Syngenta released the corn into the market before all countries involved in the corn trade had approved it. Although Syngenta submitted it to China for approval in 2010, China did not approve the strain until late 2014. While Syngenta continued to wait for Viptera approval, American farmers continued to grow the corn seed under the impression that China would soon approve Viptera.
Rather than rapidly approving Viptera, however, in November 2013 China rejected all U.S. corn shipments that had any trace of the MIR 162 corn. Although only a small percentage of American corn crops contain the GMO strain, because corn is commingled and consolidated for export the exporters could not ensure that any shipment from the United States would not contain trace amounts of MIR 162. The Syngenta lawsuit claims that as a result, the vast majority of U.S. corn has been effectively excluded from a large export market.
This allegedly caused anyone involved in the corn export industry to suffer serious financial difficulties.
Syngenta Class Action Lawsuit
This Syngenta lawsuit was filed by Hadden Farms, an Illinois company responsible for growing and selling corn. According to the Syngenta class action lawsuit, “Hadden Farms does not buy MIR 162 seed from Syngenta. Instead, Hadden Farms only buys corn seed that has either not been genetically modified, or corn seed genetically modified with traits that have been approved by all major corn importing countries, including China.”
The plaintiffs claim that Syngenta’s misleading and negligent behavior has caused them and others to suffer serious financial setbacks that will affect the corn export market for multiple years. According to the Syngenta class action lawsuit, the Chinese rejection of U.S. corn, resulting from concerns that all of the U.S. corn supply had been contaminated with MIR 162, led to a projected loss of $1.14 billion for the last nine months of the 2014 marketing year.

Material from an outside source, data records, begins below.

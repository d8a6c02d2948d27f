//! Which texts spell which tasks, as relations, and the laws that the reader reads these and no
//! others, and that what it reads is well-formed.
#![tactic(auto)]

mod definitions;
mod fits;
mod sections;
mod texts;
mod well_formed;

pub use definitions::definition_laws;
pub use fits::{action_laws, declaration_laws, name_laws, problem_laws};
pub use sections::section_laws;
pub use texts::text_laws;
pub use well_formed::task_laws;
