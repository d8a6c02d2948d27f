//! Which sections of planning texts are accepted, as relations without refusals: types, predicates, functions, actions,
//! `:init` and goals.

ghost use Rattle.ppddl_grammar.specs.sections.Laws.{TypesAreDerived, TypesAreAccepted};
ghost use Rattle.ppddl_grammar.specs.sections.Laws.{PredicatesAreDerived, PredicatesAreAccepted};
ghost use Rattle.ppddl_grammar.specs.sections.Laws.{FunctionsAreDerived, FunctionsAreAccepted};
ghost use Rattle.ppddl_grammar.specs.sections.Laws.{ActionIsDerived, ActionIsAccepted};
ghost use Rattle.ppddl_grammar.specs.sections.Laws.{StartIsDerived, StartIsAccepted};
ghost use Rattle.ppddl_grammar.specs.sections.Laws.{GoalIsDerived, GoalIsAccepted};
ghost use Rattle.ppddl_grammar.specs.sections.Laws.{RewardIsDerived, RewardIsAccepted};

/// A section is accepted, with what it says, exactly where its forms spell that.
pub fn section_laws()
    ensures types_derived { TypesAreDerived }
    ensures types_accepted { TypesAreAccepted }
    ensures predicates_derived { PredicatesAreDerived }
    ensures predicates_accepted { PredicatesAreAccepted }
    ensures functions_derived { FunctionsAreDerived }
    ensures functions_accepted { FunctionsAreAccepted }
    ensures action_derived { ActionIsDerived }
    ensures action_accepted { ActionIsAccepted }
    ensures start_derived { StartIsDerived }
    ensures start_accepted { StartIsAccepted }
    ensures goal_derived { GoalIsDerived }
    ensures goal_accepted { GoalIsAccepted }
    ensures reward_derived { RewardIsDerived }
    ensures reward_accepted { RewardIsAccepted }
{}
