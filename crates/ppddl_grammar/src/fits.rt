//! What the sections of planning texts declare and give fits: it meets what a well-formed task asks of it, and its names are in lower
//! case.

ghost use Rattle.ppddl_grammar.specs.fits.Laws.{TypesAreDeclared, PredicatesAreDeclared};
ghost use Rattle.ppddl_grammar.specs.fits.Laws.{FunctionsAreDeclared, TypesKeepFit};
ghost use Rattle.ppddl_grammar.specs.fits.Laws.{PredicatesKeepFit, FunctionsKeepFit, ObjectsKeepFit};
ghost use Rattle.ppddl_grammar.specs.fits.Laws.{ActionFits, ActionDraws, ActionIsNew, ActionGrows};
ghost use Rattle.ppddl_grammar.specs.fits.Laws.{StartFits, StartDraws, ValuesFit};
ghost use Rattle.ppddl_grammar.specs.fits.Laws.{GoalFits, GoalRewardFits};
ghost use Rattle.ppddl_grammar.specs.fits.Laws.{FormsAreLower, TypesHaveNames};
ghost use Rattle.ppddl_grammar.specs.fits.Laws.{PredicatesHaveNames, FunctionsHaveNames};
ghost use Rattle.ppddl_grammar.specs.fits.Laws.{ObjectsHaveNames, ActionHasName};

/// A section declares more of its kind and nothing else, and what is declared behind what fits fits.
pub fn declaration_laws()
    ensures types { TypesAreDeclared }
    ensures predicates { PredicatesAreDeclared }
    ensures functions { FunctionsAreDeclared }
    ensures types_fit { TypesKeepFit }
    ensures predicates_fit { PredicatesKeepFit }
    ensures functions_fit { FunctionsKeepFit }
    ensures objects_fit { ObjectsKeepFit }
{}

/// An action fits in every world and domain in which what was declared before is declared.
pub fn action_laws()
    ensures fits { ActionFits }
    ensures draws { ActionDraws }
    ensures new { ActionIsNew }
    ensures grows { ActionGrows }
{}

/// What a problem says of its start and its goal fits, in every world and domain in which what was declared before is declared.
pub fn problem_laws()
    ensures items { StartFits }
    ensures draws { StartDraws }
    ensures values { ValuesFit }
    ensures goal { GoalFits }
    ensures reward { GoalRewardFits }
{}

/// Forms that a reader reads are in lower case, and what they declare has names in lower case.
pub fn name_laws()
    ensures forms { FormsAreLower }
    ensures types { TypesHaveNames }
    ensures predicates { PredicatesHaveNames }
    ensures functions { FunctionsHaveNames }
    ensures objects { ObjectsHaveNames }
    ensures action { ActionHasName }
{}
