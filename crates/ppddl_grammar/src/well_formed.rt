//! Tasks that are read of texts are well-formed, and their names are in lower case.

ghost use Rattle.ppddl_grammar.specs.well_formed.Laws.{TasksAreWellFormed, TasksHaveLowerNames};

/// A task that texts spell is well-formed, and its names are those of certificates.
pub fn task_laws()
    ensures well_formed { TasksAreWellFormed }
    ensures names { TasksHaveLowerNames }
{}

This Syngenta class action lawsuit is one of 1,400 cases that are being consolidated in to an MDL (multidistrict litigation). Originally, the Syngenta MDL contained less than 600 claims against the GMO corn manufacturer. Cases are being consolidated from across the country.
This Syngenta Class Action Lawsuit is Case No. 2:14-cv-02639, in the U.S. District Court for the Central District of Illinois, Springfield Division.